Case Study: Build your own Speech Recognition System

Goal: As a CEO of a new startup, you want to build an embedded smart chip so that lamp makers could purchase them and make their products activated by voice. For example: “Hey lamp, turn on” or “Hey lamp, turn off”.

Question: What would you do first to build a speech recognition system capable of recognizing these trigger sentences?

Answer:

  • 1) Conduct an in-depth literature review, read posts and search for open-source implementations. Don’t read papers sequentially. First skim them and read in detail just a subset of them.
  • 2) Get pointers from experts. Clarify doubts of the most relevant papers by emailing authors.
  • 3) Collect data and label it. For trigger word detection, you can label with 1 the end of the trigger word and with 0s the rest.

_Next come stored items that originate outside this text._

//! The map by full prefix in which a store keeps its table.

ghost use Rattle.std.specs.Prelude.{◌≡◌, None, Some, is_none, is_some, IfErr, IfOk, OnOk, OnErr, true};
ghost use Rattle.std.specs.FinMap.{find, is_sorted, put};
ghost use Rattle.meta_types.specs.Name.{IsName};
ghost use Rattle.meta_types.specs.Order.{bytes_cmp, prefix_cmp};
ghost use Rattle.meta_store.specs.Kept.{rows_at, with_rows, without_row};

use crate::rows::Rows;
use dvvset::Entries;
use meta_types::{ByteString, FullPrefix};
use std::alloc::{AllocError, Global};
use std::collections::BTreeMap;

/// Holds the object under the key in place of what is held there, and returns whether the key is
/// new. Fails only when memory runs out for a new key, and then nothing changes.
pub(crate) fn put_part(
    alloc: Global,
    parts: &mut BTreeMap<FullPrefix, Rows>,
    prefix: FullPrefix,
    key: ByteString,
    object: Entries,
) -> Result<bool, AllocError>
    requires in_range { IsName 256 key }
    requires rising { is_sorted prefix_cmp parts.old.entries ≡ true }
    ensures value { OnOk result (parts.new.entries
        ≡ put prefix_cmp prefix (put bytes_cmp key object (rows_at prefix parts.old.entries))
        parts.old.entries) }
    ensures is_new { IfOk result (λ is_new. is_new
        ≡ is_none (find bytes_cmp key (rows_at prefix parts.old.entries))) }
    ensures absent { OnErr result
        (find bytes_cmp key (rows_at prefix parts.old.entries) ≡ None) }
    ensures same { OnErr result (parts.new.entries ≡ parts.old.entries) }
{
    if let Some(rows) = parts.get_mut(&prefix) {
        return rows.hold(key, object);
    }
    let rows = Rows::of_one(alloc, key, object)?;
    parts.insert(prefix, rows)?;
    Ok(true)
}

/// Puts the object in the place of the one that is held under the key, and returns that one. If the
/// key isn't held, the object comes back and nothing changes. It takes no memory.
pub(crate) fn replace_in_part(
    parts: &mut BTreeMap<FullPrefix, Rows>,
    prefix: &FullPrefix,
    key: &ByteString,
    object: Entries,
) -> Result<Entries, Entries>
    requires rising { is_sorted prefix_cmp parts.old.entries ≡ true }
    ensures value { OnOk result (parts.new.entries ≡ put prefix_cmp prefix.now
        (put bytes_cmp key.now object (rows_at prefix.now parts.old.entries))
        parts.old.entries) }
    ensures before { IfOk result (λ before.
        find bytes_cmp key.now (rows_at prefix.now parts.old.entries) ≡ Some before) }
    ensures absent { OnErr result
        (find bytes_cmp key.now (rows_at prefix.now parts.old.entries) ≡ None) }
    ensures back { IfErr result (λ back. back ≡ object) }
    ensures same { OnErr result (parts.new.entries ≡ parts.old.entries) }
{
    let Some(rows) = parts.get_mut(prefix) else {
        return Err(object);
    };
    rows.replace(key, object)
}

/// Takes the key and its object out, and the full prefix with its last key; returns whether the key
/// was held. It takes no memory.
pub(crate) fn remove_part(
    parts: &mut BTreeMap<FullPrefix, Rows>,
    prefix: &FullPrefix,
    key: &ByteString,
) -> bool
    requires rising { is_sorted prefix_cmp parts.old.entries ≡ true }
    ensures value { parts.new.entries
        ≡ with_rows prefix.now (without_row key.now (rows_at prefix.now parts.old.entries))
        parts.old.entries }
    ensures was_held { result
        ≡ is_some (find bytes_cmp key.now (rows_at prefix.now parts.old.entries)) }
{
    let Some(rows) = parts.get_mut(prefix) else {
        return false;
    };
    let was_held = rows.forget(key);
    if rows.len() == 0 {
        parts.remove(prefix);
    }
    was_held
}

/// Fails only when memory runs out.
pub(crate) fn copy_parts(
    alloc: Global,
    parts: &BTreeMap<FullPrefix, Rows>,
) -> Result<BTreeMap<FullPrefix, Rows>, AllocError>
    requires rising { is_sorted prefix_cmp parts.now.entries ≡ true }
    ensures { IfOk result (λ copy. copy.entries ≡ parts.now.entries) }
{
    let mut copy = BTreeMap::new(alloc);
    for (prefix, rows) in parts.iter() {
        copy.insert(prefix.copy()?, rows.copy(alloc)?)?;
    }
    Ok(copy)
}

Question: After training your model, you obtain a 99.5% accuracy in the dev set. While conducting error analysis, you realize your model is always predicting 0s. What would you do next?

Answer:

  • 1) In order to balance the amount of 1s with respect 0s, label the last 0.5s of the trigger word as 1s.
  • 2) Formulate a metric that awards more predicting positive examples correctly than negative examples.

Question: More generally, suppose you have binary classification problem where 99% of the data has positive labels. In this case your model will tend to predict everything as positive since in this way the model will easily reach a high accuracy of 99%. However, we are not looking for a naive model like this. How you will deal with this problem?

Answer:

  • 1) Change the way you evaluate your algorithm. One way is to change your dev set into a more balanced one. Option two is to change the metric to be a more balanced one, e.g., use recall score to replace accuracy score.

Question: We find that the model works well on the training set, but it doesn’t generalize well on dev set. What would you do next?

Answer:

  • 1) Data augmentation. For audio data, you may consider add background noise into your clean data. This could be done easily by recording some random noise in a cafe or bus stop.

Question: What if your model still doesn’t perform well on dev set even with data augmentation. And it might even takes quite a long time to train your model.

Answer:

  • 1) Early stopping would be an option. It works pretty well in real word applications.